------ DATA FOR PROCESSING ------

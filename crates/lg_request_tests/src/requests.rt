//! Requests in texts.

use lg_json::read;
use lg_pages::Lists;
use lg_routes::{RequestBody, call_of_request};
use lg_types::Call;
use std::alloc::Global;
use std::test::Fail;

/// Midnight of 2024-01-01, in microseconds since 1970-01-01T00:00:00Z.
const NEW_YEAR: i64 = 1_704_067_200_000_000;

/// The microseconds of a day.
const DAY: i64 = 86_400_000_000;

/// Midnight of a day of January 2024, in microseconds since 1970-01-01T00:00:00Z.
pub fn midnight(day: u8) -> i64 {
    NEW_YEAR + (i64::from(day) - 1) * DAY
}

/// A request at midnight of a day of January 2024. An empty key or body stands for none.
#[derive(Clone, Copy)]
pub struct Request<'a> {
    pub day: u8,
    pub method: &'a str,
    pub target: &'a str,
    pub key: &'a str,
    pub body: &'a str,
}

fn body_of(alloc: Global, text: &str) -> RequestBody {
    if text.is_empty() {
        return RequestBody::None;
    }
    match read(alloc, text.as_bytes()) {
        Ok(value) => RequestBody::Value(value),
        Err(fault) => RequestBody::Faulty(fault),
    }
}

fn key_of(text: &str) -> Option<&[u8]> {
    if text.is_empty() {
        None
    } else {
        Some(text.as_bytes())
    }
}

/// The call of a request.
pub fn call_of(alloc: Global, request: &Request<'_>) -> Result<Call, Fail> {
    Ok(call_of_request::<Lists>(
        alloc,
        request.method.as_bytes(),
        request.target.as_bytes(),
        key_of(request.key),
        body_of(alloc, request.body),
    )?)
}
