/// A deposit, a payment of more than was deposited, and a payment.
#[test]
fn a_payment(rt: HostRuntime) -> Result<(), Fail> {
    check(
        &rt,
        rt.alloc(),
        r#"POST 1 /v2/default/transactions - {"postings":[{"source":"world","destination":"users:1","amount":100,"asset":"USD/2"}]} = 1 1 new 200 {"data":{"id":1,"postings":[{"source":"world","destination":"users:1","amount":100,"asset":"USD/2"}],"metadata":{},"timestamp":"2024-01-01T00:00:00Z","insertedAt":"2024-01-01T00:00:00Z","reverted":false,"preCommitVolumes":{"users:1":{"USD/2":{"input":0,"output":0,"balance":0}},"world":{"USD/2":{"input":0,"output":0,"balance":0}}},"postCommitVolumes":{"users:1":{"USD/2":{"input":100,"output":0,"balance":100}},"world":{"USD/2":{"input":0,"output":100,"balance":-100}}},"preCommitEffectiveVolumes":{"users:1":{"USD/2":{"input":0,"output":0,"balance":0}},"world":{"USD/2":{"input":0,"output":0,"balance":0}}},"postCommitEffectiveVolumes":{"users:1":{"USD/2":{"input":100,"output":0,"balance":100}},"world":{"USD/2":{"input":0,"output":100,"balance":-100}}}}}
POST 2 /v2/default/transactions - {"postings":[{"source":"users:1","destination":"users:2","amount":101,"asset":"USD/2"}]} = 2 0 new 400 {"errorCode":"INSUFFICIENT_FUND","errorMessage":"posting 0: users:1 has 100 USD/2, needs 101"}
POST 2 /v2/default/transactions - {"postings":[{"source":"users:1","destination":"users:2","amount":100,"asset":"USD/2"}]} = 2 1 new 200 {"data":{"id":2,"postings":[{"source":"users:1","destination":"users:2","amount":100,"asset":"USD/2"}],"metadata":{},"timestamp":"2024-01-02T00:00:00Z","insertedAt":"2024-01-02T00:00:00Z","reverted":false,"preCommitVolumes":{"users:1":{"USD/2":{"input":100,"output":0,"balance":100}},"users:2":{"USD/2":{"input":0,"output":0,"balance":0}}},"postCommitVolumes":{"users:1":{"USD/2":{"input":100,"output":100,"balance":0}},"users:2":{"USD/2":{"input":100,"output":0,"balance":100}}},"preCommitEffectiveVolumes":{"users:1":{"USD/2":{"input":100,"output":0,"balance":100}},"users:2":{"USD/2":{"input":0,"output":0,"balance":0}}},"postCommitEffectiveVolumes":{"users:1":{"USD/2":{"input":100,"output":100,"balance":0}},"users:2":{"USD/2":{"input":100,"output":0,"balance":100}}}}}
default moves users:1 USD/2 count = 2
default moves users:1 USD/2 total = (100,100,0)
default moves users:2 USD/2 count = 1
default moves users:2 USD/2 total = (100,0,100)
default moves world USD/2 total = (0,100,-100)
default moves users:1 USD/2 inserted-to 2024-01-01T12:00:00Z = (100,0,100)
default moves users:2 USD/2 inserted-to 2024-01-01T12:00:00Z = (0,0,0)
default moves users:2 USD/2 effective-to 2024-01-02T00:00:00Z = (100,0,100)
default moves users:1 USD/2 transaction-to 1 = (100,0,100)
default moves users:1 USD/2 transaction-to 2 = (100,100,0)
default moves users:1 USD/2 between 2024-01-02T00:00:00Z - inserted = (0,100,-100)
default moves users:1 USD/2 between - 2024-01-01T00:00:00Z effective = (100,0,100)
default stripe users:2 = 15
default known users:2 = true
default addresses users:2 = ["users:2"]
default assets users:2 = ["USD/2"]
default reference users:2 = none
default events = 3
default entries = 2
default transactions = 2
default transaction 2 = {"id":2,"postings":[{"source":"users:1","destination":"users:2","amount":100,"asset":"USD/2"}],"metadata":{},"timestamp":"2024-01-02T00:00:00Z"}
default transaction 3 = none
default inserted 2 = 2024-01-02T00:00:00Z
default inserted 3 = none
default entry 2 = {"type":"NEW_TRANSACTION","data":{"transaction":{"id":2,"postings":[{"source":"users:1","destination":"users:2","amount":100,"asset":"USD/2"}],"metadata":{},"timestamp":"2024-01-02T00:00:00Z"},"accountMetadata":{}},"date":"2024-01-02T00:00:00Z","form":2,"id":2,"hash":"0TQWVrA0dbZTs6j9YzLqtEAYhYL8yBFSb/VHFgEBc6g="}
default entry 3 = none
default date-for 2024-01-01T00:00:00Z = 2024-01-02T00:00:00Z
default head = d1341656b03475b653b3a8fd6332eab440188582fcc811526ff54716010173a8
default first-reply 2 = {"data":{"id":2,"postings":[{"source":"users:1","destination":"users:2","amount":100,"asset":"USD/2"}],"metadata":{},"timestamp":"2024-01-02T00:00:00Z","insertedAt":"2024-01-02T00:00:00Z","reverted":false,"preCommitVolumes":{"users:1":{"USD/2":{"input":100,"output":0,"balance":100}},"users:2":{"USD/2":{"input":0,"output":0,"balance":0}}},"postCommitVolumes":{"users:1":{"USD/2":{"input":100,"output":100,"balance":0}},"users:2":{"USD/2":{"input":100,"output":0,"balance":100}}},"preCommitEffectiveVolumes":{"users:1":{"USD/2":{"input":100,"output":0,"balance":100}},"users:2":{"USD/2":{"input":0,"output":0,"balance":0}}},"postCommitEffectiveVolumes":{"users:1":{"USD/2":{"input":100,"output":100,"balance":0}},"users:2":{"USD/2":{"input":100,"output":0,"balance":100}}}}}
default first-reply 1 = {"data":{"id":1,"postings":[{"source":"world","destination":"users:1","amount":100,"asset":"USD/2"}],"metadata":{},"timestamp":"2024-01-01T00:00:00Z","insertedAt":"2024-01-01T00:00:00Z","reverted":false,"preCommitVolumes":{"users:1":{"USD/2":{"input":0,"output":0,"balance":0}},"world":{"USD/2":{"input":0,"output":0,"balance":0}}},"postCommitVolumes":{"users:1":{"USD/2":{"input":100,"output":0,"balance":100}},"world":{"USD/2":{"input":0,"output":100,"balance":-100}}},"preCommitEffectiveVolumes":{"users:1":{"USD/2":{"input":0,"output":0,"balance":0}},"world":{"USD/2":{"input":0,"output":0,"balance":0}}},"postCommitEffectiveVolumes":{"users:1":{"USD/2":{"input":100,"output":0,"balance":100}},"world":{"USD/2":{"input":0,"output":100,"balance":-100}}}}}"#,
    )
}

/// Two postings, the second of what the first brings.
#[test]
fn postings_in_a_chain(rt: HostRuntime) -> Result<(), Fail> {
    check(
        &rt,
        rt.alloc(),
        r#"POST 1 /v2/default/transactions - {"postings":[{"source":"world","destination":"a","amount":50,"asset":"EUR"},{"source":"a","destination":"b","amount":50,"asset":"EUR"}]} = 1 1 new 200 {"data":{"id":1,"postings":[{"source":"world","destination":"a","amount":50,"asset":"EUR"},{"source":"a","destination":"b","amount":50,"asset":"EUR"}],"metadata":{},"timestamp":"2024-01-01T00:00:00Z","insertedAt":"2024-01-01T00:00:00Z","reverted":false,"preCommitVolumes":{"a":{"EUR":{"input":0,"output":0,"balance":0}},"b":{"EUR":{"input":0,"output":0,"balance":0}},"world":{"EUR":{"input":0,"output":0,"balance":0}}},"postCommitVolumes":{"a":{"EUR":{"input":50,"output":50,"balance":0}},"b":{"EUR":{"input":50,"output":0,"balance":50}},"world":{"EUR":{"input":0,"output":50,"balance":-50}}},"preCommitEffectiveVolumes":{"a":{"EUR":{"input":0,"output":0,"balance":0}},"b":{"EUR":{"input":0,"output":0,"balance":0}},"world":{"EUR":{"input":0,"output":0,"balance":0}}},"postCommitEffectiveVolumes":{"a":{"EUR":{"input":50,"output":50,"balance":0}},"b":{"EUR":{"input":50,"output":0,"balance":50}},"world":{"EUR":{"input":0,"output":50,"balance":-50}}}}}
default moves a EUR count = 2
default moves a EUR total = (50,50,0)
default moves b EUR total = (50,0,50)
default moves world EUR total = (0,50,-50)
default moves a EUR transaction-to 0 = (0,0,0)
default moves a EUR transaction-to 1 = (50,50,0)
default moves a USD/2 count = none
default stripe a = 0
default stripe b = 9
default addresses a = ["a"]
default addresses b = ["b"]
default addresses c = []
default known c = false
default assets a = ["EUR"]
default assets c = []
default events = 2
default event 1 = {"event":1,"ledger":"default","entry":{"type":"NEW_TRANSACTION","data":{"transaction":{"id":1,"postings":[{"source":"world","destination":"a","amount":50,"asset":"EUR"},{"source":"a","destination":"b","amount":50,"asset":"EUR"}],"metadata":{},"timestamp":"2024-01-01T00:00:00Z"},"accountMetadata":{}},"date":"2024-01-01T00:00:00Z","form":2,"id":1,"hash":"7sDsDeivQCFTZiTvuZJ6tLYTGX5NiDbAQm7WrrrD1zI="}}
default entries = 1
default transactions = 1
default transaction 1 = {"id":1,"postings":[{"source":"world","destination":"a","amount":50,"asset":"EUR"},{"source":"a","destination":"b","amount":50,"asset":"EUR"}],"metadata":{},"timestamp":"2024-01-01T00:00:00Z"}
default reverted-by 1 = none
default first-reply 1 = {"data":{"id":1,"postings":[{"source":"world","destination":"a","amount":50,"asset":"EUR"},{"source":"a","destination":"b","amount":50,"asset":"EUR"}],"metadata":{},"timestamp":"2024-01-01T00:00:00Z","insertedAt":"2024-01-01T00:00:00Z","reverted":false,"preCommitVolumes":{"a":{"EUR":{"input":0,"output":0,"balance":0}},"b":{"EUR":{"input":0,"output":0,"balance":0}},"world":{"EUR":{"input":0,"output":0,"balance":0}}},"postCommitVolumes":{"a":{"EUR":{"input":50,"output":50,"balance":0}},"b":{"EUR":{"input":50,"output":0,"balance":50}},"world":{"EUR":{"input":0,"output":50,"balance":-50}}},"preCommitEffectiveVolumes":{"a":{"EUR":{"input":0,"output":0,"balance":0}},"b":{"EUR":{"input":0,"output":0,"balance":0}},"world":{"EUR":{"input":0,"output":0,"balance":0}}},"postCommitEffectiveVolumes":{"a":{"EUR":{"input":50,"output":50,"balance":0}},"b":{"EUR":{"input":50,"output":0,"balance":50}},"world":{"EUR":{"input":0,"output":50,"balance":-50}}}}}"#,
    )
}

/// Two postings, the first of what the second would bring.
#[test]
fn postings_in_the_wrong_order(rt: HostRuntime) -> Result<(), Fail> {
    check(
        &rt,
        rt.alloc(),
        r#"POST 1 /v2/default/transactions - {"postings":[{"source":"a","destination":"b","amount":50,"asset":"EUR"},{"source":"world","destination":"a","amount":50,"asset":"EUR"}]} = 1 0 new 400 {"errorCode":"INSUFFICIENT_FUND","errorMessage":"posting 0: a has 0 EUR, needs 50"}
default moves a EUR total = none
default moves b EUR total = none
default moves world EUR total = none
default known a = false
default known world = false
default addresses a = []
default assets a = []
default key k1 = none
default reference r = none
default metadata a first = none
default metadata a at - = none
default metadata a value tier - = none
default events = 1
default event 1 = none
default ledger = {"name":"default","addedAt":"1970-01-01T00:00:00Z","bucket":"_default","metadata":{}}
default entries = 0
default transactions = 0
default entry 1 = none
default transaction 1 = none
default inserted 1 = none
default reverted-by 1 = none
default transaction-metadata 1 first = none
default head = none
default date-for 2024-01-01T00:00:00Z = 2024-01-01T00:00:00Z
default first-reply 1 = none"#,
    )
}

------

=== EXERCISE DESCRIPTION ===
Retype exactly the line with "default moves a EUR total = none" and each line after it until the records end, and include no other line.

=== TASK OUTPUT ===
default moves a EUR total = none
default moves b EUR total = none
default moves world EUR total = none
default known a = false
default known world = false
default addresses a = []
default assets a = []
default key k1 = none
default reference r = none
default metadata a first = none
default metadata a at - = none
default metadata a value tier - = none
default events = 1
default event 1 = none
default ledger = {"name":"default","addedAt":"1970-01-01T00:00:00Z","bucket":"_default","metadata":{}}
default entries = 0
default transactions = 0
default entry 1 = none
default transaction 1 = none
default inserted 1 = none
default reverted-by 1 = none
default transaction-metadata 1 first = none
default head = none
default date-for 2024-01-01T00:00:00Z = 2024-01-01T00:00:00Z
default first-reply 1 = none"#,
    )
}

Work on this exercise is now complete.